Remembering online : a long-term perspective


February 2019, Thursday 21st & Friday 22nd

Venue : Institut d’Etudes Avancées  

Hôtel de Lazun, 17 Quai d’Anjou, 75004 Paris




This conference’s aim is to bring attention to some issues connected with the creation and retrieval of autobiographical memories through social media and online personal archives, as well as through others services, like e-mail inboxes and instant messaging, which do not have specific memory features, but that can be used as well to browse and access information about one’s past.

We focus on how trust in digital memories is built, by tackling the question from two points of view :

1. A user’s perception of the use, destination, lifespan, and reliability of their personal digital memories created and collected by online platforms, apps and digital devices.

2. The trust we grant to our digital memories even when they are divergent from our biological memories.

The conference articulates the main question of trust in digital memories around the following topics :

Time : Can we define a specific social media temporality ? And how can we address issues connected with the duration of online personal memories over time ?

Identity : Which are the effects of experiencing one’s past through digital personal memories on personal identity and self-knowledge ?

Media and memory : Do social media, online databases and algorithmic systems create radically new ways of collecting and retrieving memories ?

Design : How media design can help users to manage their digital memories, making sense of them and trust them ?

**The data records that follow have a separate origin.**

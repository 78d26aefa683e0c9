//! Each free use of a load has a load of its own.

use crate::units::{numbered, spelled};
use std::alloc::Global;
use std::process::Abort;
use std::test::Fail;
use vg_rewrite::{repeated, repeated_units};

// A kernel, and the lines of what its units become.
struct Row {
    kernel: &'static str,
    units: &'static str,
}

const ROWS: [Row; 5] = [
    // Sums of neighbours: each use of a load has one of its own.
    Row {
        kernel: "kernel neighbours(d: noalias ptr, p: ptr) {
            a = load32(p); b = load32(p + 4); c = load32(p + 8);
            store32(d, a + b); store32(d + 4, b + c); }",
        units: "load32 p1+0
load32 p1+4
Add32 v0 v1
store32 p0+0 v2
load32 p1+4
load32 p1+8
Add32 v4 v5
store32 p0+4 v6
",
    },
    // Without noalias the uses by the first statement are free, the others not.
    Row {
        kernel: "kernel neighbours(d: ptr, p: ptr) {
            a = load32(p); b = load32(p + 4); c = load32(p + 8);
            store32(d, a + b); store32(d + 4, b + c); }",
        units: "load32 p1+4
load32 p1+8
load32 p1+0
load32 p1+4
Add32 v2 v3
store32 p0+0 v4
Add32 v0 v1
store32 p0+4 v6
",
    },
    // Extensions are repeated with their loads.
    Row {
        kernel: "kernel means(d: noalias ptr, p: ptr) {
            a = zext32(load8(p)); b = zext32(load8(p + 1)); c = zext32(load8(p + 2));
            store8(d, trunc8(lshr(a + b + 1i32, 1)));
            store8(d + 1, trunc8(lshr(b + c + 1i32, 1))); }",
        units: "load8 p1+0
Zext32 from 8 v0
load8 p1+1
Zext32 from 8 v2
Add32 v1 v3
Add32 v4 1:32
Lshr32 v5 by 1
Trunc8 from 32 v6
store8 p0+0 v7
load8 p1+1
Zext32 from 8 v9
load8 p1+2
Zext32 from 8 v11
Add32 v10 v12
Add32 v13 1:32
Lshr32 v14 by 1
Trunc8 from 32 v15
store8 p0+1 v16
",
    },
    // A load that nothing uses stays.
    Row {
        kernel: "kernel low(d: noalias ptr, p: ptr, n: i32) {
            store16(d, trunc16(n * sext32(load16(p)))); x = load64(p + 8); }",
        units: "load16 p1+0
Sext32 from 16 v1
Mul32 v0 v2
Trunc16 from 32 v3
store16 p0+0 v4
load64 p1+8
",
    },
    // The bytes of a store through the same pointer are apart from the next ones.
    Row {
        kernel: "kernel along(d: ptr) {
            a = load8(d + 1); store8(d, a); store8(d + 2, a); store8(d + 1, a);
            store8(d + 3, a); }",
        units: "load8 p0+1
load8 p0+1
store8 p0+0 v1
load8 p0+1
store8 p0+2 v3
load8 p0+1
store8 p0+1 v5
store8 p0+3 v0
",
    },
];

fn assert_repeated(rt: &impl Abort, alloc: Global, row: &Row) -> Result<(), Fail> {
    let ssa = numbered(alloc, row.kernel)?;
    let units = repeated_units(alloc, &ssa)?;
    let shown = spelled(alloc, &units)?;
    assert!(rt; shown.as_str() == row.units, "{}", shown.as_str());
    Ok(())
}

#[test]
fn loads_are_repeated_for_each_free_use(rt: HostRuntime) -> Result<(), Fail> {
    for row in ROWS.iter() {
        assert_repeated(&rt, rt.alloc(), row)?;
    }
    Ok(())
}

// The numbered values have the same units.
fn assert_numbered(rt: &impl Abort, alloc: Global, row: &Row) -> Result<(), Fail> {
    let ssa = numbered(alloc, row.kernel)?;
    match repeated(alloc, &ssa)? {
        None => assert!(rt; false, "too many units"),
        Some(new) => {
            let shown = spelled(alloc, new.units.as_slice())?;
            assert!(rt; shown.as_str() == row.units, "{}", shown.as_str());
        }
    }
    Ok(())
}

#[test]
fn repeated_units_are_numbered(rt: HostRuntime) -> Result<(), Fail> {
    for row in ROWS.iter() {
        assert_numbered(&rt, rt.alloc(), row)?;
    }
    Ok(())
}
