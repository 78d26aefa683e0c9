//! Counted loops over the definitions of kernels: what a loop does, its kernel of so many turns, and what
//! holds of them, as functions that cost nothing to call.
//!
//! `specs/Loops.antt` says what a loop does, `specs/Unrolled.antt` what the kernel of so many turns is,
//! `specs/Inputs.antt` what a loop may be run on, `specs/Limits.antt` how many turns a block has, and
//! `specs/Laws.antt` states the laws.
#![tactic(auto)]

mod law;

pub use law::{
    blocks_and_rest_are_turns, blocks_mean_loop, blocks_respect, fewer_keep_limits,
    one_turn_is_the_kernel, turns_are_most, unrolled_are_turns, unrolled_costs,
    unrolled_is_well_formed,
};
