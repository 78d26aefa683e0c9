//! Shifts.

ghost use Rattle.std.specs.Prelude.{◌≡◌, ◌<◌};
ghost use Rattle.vg_base.specs.Width.{bits_of};
ghost use Rattle.vg_scalar.specs.Scalar.{shift_result};

use crate::low::{low, low_of_whole, low_signed};
use vg_base::width::Width;

/// A shift of a number by a number of places below its width.
#[derive(Clone, Copy, Debug)]
pub enum Shift {
    /// To the left, zeros coming in.
    Shl,
    /// To the right, zeros coming in.
    Lshr,
    /// To the right, the sign coming in.
    Ashr,
}

impl Shift {
    /// The result, below 2 to the width. Of the number the low bits count; a shift by the width or more leaves zeros, or
    /// under `Ashr` the sign alone.
    pub fn apply(self, width: Width, amount: u32, number: u64) -> u64
        ensures { result ≡ shift_result self (bits_of width) amount number }
    {
        if amount < width.bits() {
            return self.within(width, amount, number);
        }
        match self {
            Shift::Shl => 0,
            Shift::Lshr => 0,
            Shift::Ashr => self.within(width, width.bits() - 1, number),
        }
    }

    /// A shift by fewer places than there are bits.
    fn within(self, width: Width, amount: u32, number: u64) -> u64
        requires { amount < bits_of width }
        ensures { result ≡ shift_result self (bits_of width) amount number }
    {
        match self {
            Shift::Shl => low(width, number << amount),
            Shift::Lshr => low(width, number) >> amount,
            Shift::Ashr => low_of_whole(width, low_signed(width, number) >> amount),
        }
    }
}
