// Reading and writing bytes as far as they go, and the arguments of a program. No heap: what is read goes into arrays of a fixed length.
#![tactic(auto)]

ghost use Rattle.std.specs.Prelude.{◌≤◌, length};

use std::env::{Env, FillError};
use std::io::Read;

// As many bytes as there are, or as fit into `held`; how many. A read that fails is taken for the end.
pub fn read_full<R: Read>(from: &mut R, held: &mut [u8]) -> usize
    ensures { result ≤ length held.new }
{
    let mut at = 0;
    // No plainer: a step is as long as what a read gave, so no range says the places.
    while at < held.len() {
        match from.read(&mut held[at..]) {
            Ok(0) | Err(_) => break,
            Ok(n) => at += n,
        }
    }
    at
}

// Whether all bytes were written; no plainer as a Result, since no caller asks for the error.
pub fn write_all<P: Print>(to: &P, bytes: &[u8]) -> bool {
    to.write_all(bytes).is_ok()
}

// Argument i at the front of `held`, and its length; 0 where there is none, or where it is longer: no plainer as an Option, since to
// the callers an absent argument is an empty one.
pub fn arg<E: Env>(rt: &E, i: usize, held: &mut [u8]) -> usize
    ensures { result ≤ length held.new }
{
    rt.arg(i, held).unwrap_or(0)
}

// How many arguments there are, the program's name among them, and `most` where there are more. By number, which is how one is asked for.
pub fn arg_count<E: Env>(rt: &E, most: usize) -> usize
    ensures { result ≤ most }
{
    let mut front = [0u8; 1];
    for n in 0..most {
        if let Err(FillError::NotPresent) = rt.arg(n, &mut front) {
            return n;
        }
    }
    most
}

Theories on autobiographical memory : In which way do new media modify the concept of memory itself and how do they shape theory on autobiographical memory ? How do we reconcile constructionist theories of biological autobiographical memory with the experience of “immutable” digitized memories ?

Life-writing : How does autobiography evolves in digital environments ? We explore this question through examples from life logging, weblogs, the quantified self and different forms of autobiographical online practices.

Data : when personal memories are stored as digital data and shared on online platforms, do individuals really own and control them ? How does the dispersion of personal data through platforms and devices affects the way individuals think about their past online selves ?

We adopt a long-term perspective which takes into account 1) the experience of posting contents on social media for more than a decade, and what that means in terms of accumulation of digital memories ; 2) the evolution and obsolescence of platforms ; 3) users’ migration from one platform to another with the consequent dispersion and/or reuse of their memories in different contexts online.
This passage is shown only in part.